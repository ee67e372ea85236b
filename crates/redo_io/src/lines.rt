// The lines of a text with their numbers.
ghost use Rattle.std.specs.Prelude.{◌≡◌, ◌≤◌, ◌<◌, ◌==◌, [], ◌∷◌, length, position, None};
ghost use Rattle.std.specs.Iterator.{YieldsFirstBy, item_count};
ghost use Rattle.model_base.specs.{fed_lines, without_return};
ghost use Rattle.redo_io.specs.Lines.{numbered_from};

use std::marker::Model;

/// The lines of a text, in order, each with its number from 1. A line feed ends a line, and the last line may lack it.
/// One carriage return at a line's end isn't part of it. It takes no memory.
#[derive(Debug, Drop)]
pub struct Lines<'a> {
    rest: &'a [u8],
    number: u64,
}

impl<'a> Model for Lines<'a> {
    ghost use Rattle.std.specs.Prelude.{◌+◌, ◌^◌, ◌<◌, List, ℕ, length};
    ghost use Rattle.redo_io.specs.Lines.{numbered_from};

    ghost Value = { List (ℕ × List ℕ) };

    ghost view = { λ lines. numbered_from lines.number lines.rest.now };

    // each line that is left takes a byte at least
    ghost invariant = { λ lines. lines.number + length lines.rest.now < 2 ^ 64 };
}

impl<'a> Lines<'a> {
    /// All lines of a text.
    #[tactic(auto, using(crate::proofs::FirstLine::few_lines))]
    pub fn new(text: &'a [u8]) -> Self
        ensures lines { result ≡ numbered_from 1 text.now }
        ensures few { length result ≤ length text.now }
    {
        Lines {
            rest: text,
            number: 1,
        }
    }
}

impl<'a> Iterator for Lines<'a> {
    type Item = (u64, &'a [u8]);

    ghost next_gives = { YieldsFirstBy (λ item. (item.0, item.1.now)) (λ lines. lines) };

    ghost remaining = { item_count (λ lines. lines) };

    fn next(&mut self) -> Option<(u64, &'a [u8])> {
        if self.rest.is_empty() {
            return None;
        }
        let (line, rest) = first_line(self.rest);
        let number = self.number;
        self.rest = rest;
        self.number += 1;
        Some((number, strip_return(line)))
    }
}

/// Where the first line feed stands.
fn line_end(text: &[u8]) -> Option<usize>
    ensures { result ≡ position (λ byte. byte == 10) text.now }
{
    text.iter().position(|byte| *byte == b'\n')
}

/// The first line without its line feed, and the text after both.
fn first_line(text: &[u8]) -> (&[u8], &[u8])
    requires { 0 < length text.now }
    ensures first { fed_lines text.now ≡ result.0.now ∷ fed_lines result.1.now }
    ensures shorter { length result.1.now < length text.now }
{
    match line_end(text) {
        Some(end) => (&text[..end], &text[end + 1..]),
        None => (text, &[]),
    }
}

/// The line without one carriage return at its end.
#[tactic(auto, using(crate::proofs::FirstLine::return_dropped, crate::proofs::FirstLine::nothing_dropped))]
fn strip_return(line: &[u8]) -> &[u8]
    ensures { result.now ≡ without_return line.now }
{
    match line.split_last() {
        Some((last, front)) if *last == b'\r' => front,
        _ => line,
    }
}
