// Where bytes come from.
ghost use Rattle.std.specs.Prelude.{ℕ, List, length, Result};
ghost use Rattle.redo_io.specs.declared.fault.IoFault.{IoFault};
ghost use Rattle.redo_io.specs.Ends.{SourceSeen};
ghost use Rattle.redo_io.specs.Steps.{SourceStep};

use crate::IoFault;

/// What bytes are read from.
///
/// The ghost member `read_gives` is all that the source's own contract says of one read. A caller that hands it on has
/// made that read, once.
pub trait Source {
    /// What a reader of the source sees of it. Its count of faults never falls.
    ghost seen: { Self → SourceSeen };

    /// What a read gives: the source before, the room in the buffer, the answer, the buffer after and the source after.
    ghost read_gives: { Self → ℕ → Result ℕ IoFault → List ℕ → Self → Type 0 } = { λ _ _ _ _ _. Unit {0} };

    /// Reads some bytes to the front of `out`, and says how many. 0 into a slice that isn't empty is the end of input.
    fn read(&mut self, out: &mut [u8]) -> Result<usize, IoFault>
        ensures step { SourceStep (length out.old) (seen self.old) result out.new (seen self.new) }
        ensures gives { read_gives self.old (length out.old) result out.new self.new };
}
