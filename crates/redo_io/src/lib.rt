//! The edge for text: where bytes come from, where they go, and the lines of a text. A source and a sink count their
//! faults, so that a contract can tell an error that was met from one that was made up. What stands in memory fails the
//! calls of a plan.
#![tactic(auto)]

mod fault;
mod lines;
mod mem_sink;
mod mem_source;
mod plan;
mod put;
mod read;
mod reader_source;
mod sink;
mod source;
mod writer_sink;

pub use fault::{IoFault, ReadFault};
pub use lines::Lines;
pub use mem_sink::MemSink;
pub use mem_source::MemSource;
pub use model_base::Bytes as Text;
pub use plan::Plan;
pub use put::put_all;
pub use read::{PIECE, read_all};
pub use reader_source::ReaderSource;
pub use sink::Sink;
pub use source::Source;
pub use writer_sink::WriterSink;
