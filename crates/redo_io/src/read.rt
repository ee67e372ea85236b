// Reading a text whole.
ghost use Rattle.std.specs.Prelude.{◌≡◌, ◌≤◌, ◌<◌, ◌+◌, ◌^◌, length, IfOk, IfSome, IsErrOf, vec_len};
ghost use Rattle.model_base.specs.{HasRisen};
ghost use Rattle.redo_io.specs.Reads.{IsReadThrough};
ghost use Rattle.redo_io.specs.Ends.{TakesAtMost};
ghost use Rattle.redo_io.specs.Steps.{IsAllOf};

use crate::{ReadFault, Source, Text};
use std::alloc::{AllocError, Global};

/// Bytes that are read at once, at the most.
pub const PIECE: usize = 65_536;

fn empty_piece(alloc: Global) -> Result<Vec<u8>, AllocError>
    ensures { IfOk result (λ piece. vec_len piece ≡ PIECE) }
{
    Ok(vec![in alloc; 0; PIECE]?)
}

/// Reads all that is left, if that is at most `limit` bytes. After an error some bytes are gone from the source.
pub fn read_all<S: Source>(alloc: Global, src: &mut S, limit: usize) -> Result<Text, ReadFault>
    requires { limit ≤ 2 ^ 32 }
    ensures ok { IfOk result (IsAllOf limit (S.seen src.old).left (S.seen src.new).left) }
    ensures fault { IsErrOf result ReadFault.Fault → HasRisen (S.seen src.old).faults (S.seen src.new).faults }
    ensures too_long { IsErrOf result ReadFault.TooLong →
        IfSome (S.seen src.old).left (λ bytes. limit < length bytes) }
    ensures taken { TakesAtMost (limit + PIECE) (S.seen src.old).left (S.seen src.new).left }
    ensures later { (S.seen src.old).faults ≤ (S.seen src.new).faults }
    ensures reads { IsReadThrough S.read_gives PIECE src.old result src.new }
{
    let mut text = Vec::new(alloc);
    let mut piece = empty_piece(alloc)?;
    loop {
        let count = src.read(piece.as_mut_slice())?;
        if count == 0 {
            return Ok(Text::new(text));
        }
        if count > limit - text.len() {
            return Err(ReadFault::TooLong);
        }
        text.extend_from_slice(&piece[..count])?;
    }
}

[What the task asks]
The response should consist of all the entries, set down exactly.

[Answer to this exercise]
repository ee67e372ea85236b
filename crates/redo_io/src/lines.rt
// The lines of a text with their numbers.
ghost use Rattle.std.specs.Prelude.{◌≡◌, ◌≤◌, ◌<◌, ◌==◌, [], ◌∷◌, length, position, None};
ghost use Rattle.std.specs.Iterator.{YieldsFirstBy, item_count};
ghost use Rattle.model_base.specs.{fed_lines, without_return};
ghost use Rattle.redo_io.specs.Lines.{numbered_from};

use std::marker::Model;

/// The lines of a text, in order, each with its number from 1. A line feed ends a line, and the last line may lack it.
/// One carriage return at a line's end isn't part of it. It takes no memory.
#[derive(Debug, Drop)]
pub struct Lines<'a> {
    rest: &'a [u8],
    number: u64,
}

impl<'a> Model for Lines<'a> {
    ghost use Rattle.std.specs.Prelude.{◌+◌, ◌^◌, ◌<◌, List, ℕ, length};
    ghost use Rattle.redo_io.specs.Lines.{numbered_from};

    ghost Value = { List (ℕ × List ℕ) };

    ghost view = { λ lines. numbered_from lines.number lines.rest.now };

    // each line that is left takes a byte at least
    ghost invariant = { λ lines. lines.number + length lines.rest.now < 2 ^ 64 };
}

impl<'a> Lines<'a> {
    /// All lines of a text.
    #[tactic(auto, using(crate::proofs::FirstLine::few_lines))]
    pub fn new(text: &'a [u8]) -> Self
        ensures lines { result ≡ numbered_from 1 text.now }
        ensures few { length result ≤ length text.now }
    {
        Lines {
            rest: text,
            number: 1,
        }
    }
}

impl<'a> Iterator for Lines<'a> {
    type Item = (u64, &'a [u8]);

    ghost next_gives = { YieldsFirstBy (λ item. (item.0, item.1.now)) (λ lines. lines) };

    ghost remaining = { item_count (λ lines. lines) };

    fn next(&mut self) -> Option<(u64, &'a [u8])> {
        if self.rest.is_empty() {
            return None;
        }
        let (line, rest) = first_line(self.rest);
        let number = self.number;
        self.rest = rest;
        self.number += 1;
        Some((number, strip_return(line)))
    }
}

/// Where the first line feed stands.
fn line_end(text: &[u8]) -> Option<usize>
    ensures { result ≡ position (λ byte. byte == 10) text.now }
{
    text.iter().position(|byte| *byte == b'\n')
}

/// The first line without its line feed, and the text after both.
fn first_line(text: &[u8]) -> (&[u8], &[u8])
    requires { 0 < length text.now }
    ensures first { fed_lines text.now ≡ result.0.now ∷ fed_lines result.1.now }
    ensures shorter { length result.1.now < length text.now }
{
    match line_end(text) {
        Some(end) => (&text[..end], &text[end + 1..]),
        None => (text, &[]),
    }
}

/// The line without one carriage return at its end.
#[tactic(auto, using(crate::proofs::FirstLine::return_dropped, crate::proofs::FirstLine::nothing_dropped))]
fn strip_return(line: &[u8]) -> &[u8]
    ensures { result.now ≡ without_return line.now }
{
    match line.split_last() {
        Some((last, front)) if *last == b'\r' => front,
        _ => line,
    }
}
// Where bytes come from.
ghost use Rattle.std.specs.Prelude.{ℕ, List, length, Result};
ghost use Rattle.redo_io.specs.declared.fault.IoFault.{IoFault};
ghost use Rattle.redo_io.specs.Ends.{SourceSeen};
ghost use Rattle.redo_io.specs.Steps.{SourceStep};

use crate::IoFault;

/// What bytes are read from.
///
/// The ghost member `read_gives` is all that the source's own contract says of one read. A caller that hands it on has
/// made that read, once.
pub trait Source {
    /// What a reader of the source sees of it. Its count of faults never falls.
    ghost seen: { Self → SourceSeen };

    /// What a read gives: the source before, the room in the buffer, the answer, the buffer after and the source after.
    ghost read_gives: { Self → ℕ → Result ℕ IoFault → List ℕ → Self → Type 0 } = { λ _ _ _ _ _. Unit {0} };

    /// Reads some bytes to the front of `out`, and says how many. 0 into a slice that isn't empty is the end of input.
    fn read(&mut self, out: &mut [u8]) -> Result<usize, IoFault>
        ensures step { SourceStep (length out.old) (seen self.old) result out.new (seen self.new) }
        ensures gives { read_gives self.old (length out.old) result out.new self.new };
}
filename crates/redo_io/src/lib.rt
//! The edge for text: where bytes come from, where they go, and the lines of a text. A source and a sink count their
//! faults, so that a contract can tell an error that was met from one that was made up. What stands in memory fails the
//! calls of a plan.
#![tactic(auto)]

mod fault;
mod lines;
mod mem_sink;
mod mem_source;
mod plan;
mod put;
mod read;
mod reader_source;
mod sink;
mod source;
mod writer_sink;

pub use fault::{IoFault, ReadFault};
pub use lines::Lines;
pub use mem_sink::MemSink;
pub use mem_source::MemSource;
pub use model_base::Bytes as Text;
pub use plan::Plan;
pub use put::put_all;
pub use read::{PIECE, read_all};
pub use reader_source::ReaderSource;
pub use sink::Sink;
pub use source::Source;
pub use writer_sink::WriterSink;
filename crates/redo_io/src/read.rt
repository ee67e372ea85236b
// Reading a text whole.
ghost use Rattle.std.specs.Prelude.{◌≡◌, ◌≤◌, ◌<◌, ◌+◌, ◌^◌, length, IfOk, IfSome, IsErrOf, vec_len};
ghost use Rattle.model_base.specs.{HasRisen};
ghost use Rattle.redo_io.specs.Reads.{IsReadThrough};
ghost use Rattle.redo_io.specs.Ends.{TakesAtMost};
ghost use Rattle.redo_io.specs.Steps.{IsAllOf};

use crate::{ReadFault, Source, Text};
use std::alloc::{AllocError, Global};

/// Bytes that are read at once, at the most.
pub const PIECE: usize = 65_536;

fn empty_piece(alloc: Global) -> Result<Vec<u8>, AllocError>
    ensures { IfOk result (λ piece. vec_len piece ≡ PIECE) }
{
    Ok(vec![in alloc; 0; PIECE]?)
}

/// Reads all that is left, if that is at most `limit` bytes. After an error some bytes are gone from the source.
pub fn read_all<S: Source>(alloc: Global, src: &mut S, limit: usize) -> Result<Text, ReadFault>
    requires { limit ≤ 2 ^ 32 }
    ensures ok { IfOk result (IsAllOf limit (S.seen src.old).left (S.seen src.new).left) }
    ensures fault { IsErrOf result ReadFault.Fault → HasRisen (S.seen src.old).faults (S.seen src.new).faults }
    ensures too_long { IsErrOf result ReadFault.TooLong →
        IfSome (S.seen src.old).left (λ bytes. limit < length bytes) }
    ensures taken { TakesAtMost (limit + PIECE) (S.seen src.old).left (S.seen src.new).left }
    ensures later { (S.seen src.old).faults ≤ (S.seen src.new).faults }
    ensures reads { IsReadThrough S.read_gives PIECE src.old result src.new }
{
    let mut text = Vec::new(alloc);
    let mut piece = empty_piece(alloc)?;
    loop {
        let count = src.read(piece.as_mut_slice())?;
        if count == 0 {
            return Ok(Text::new(text));
        }
        if count > limit - text.len() {
            return Err(ReadFault::TooLong);
        }
        text.extend_from_slice(&piece[..count])?;
    }
}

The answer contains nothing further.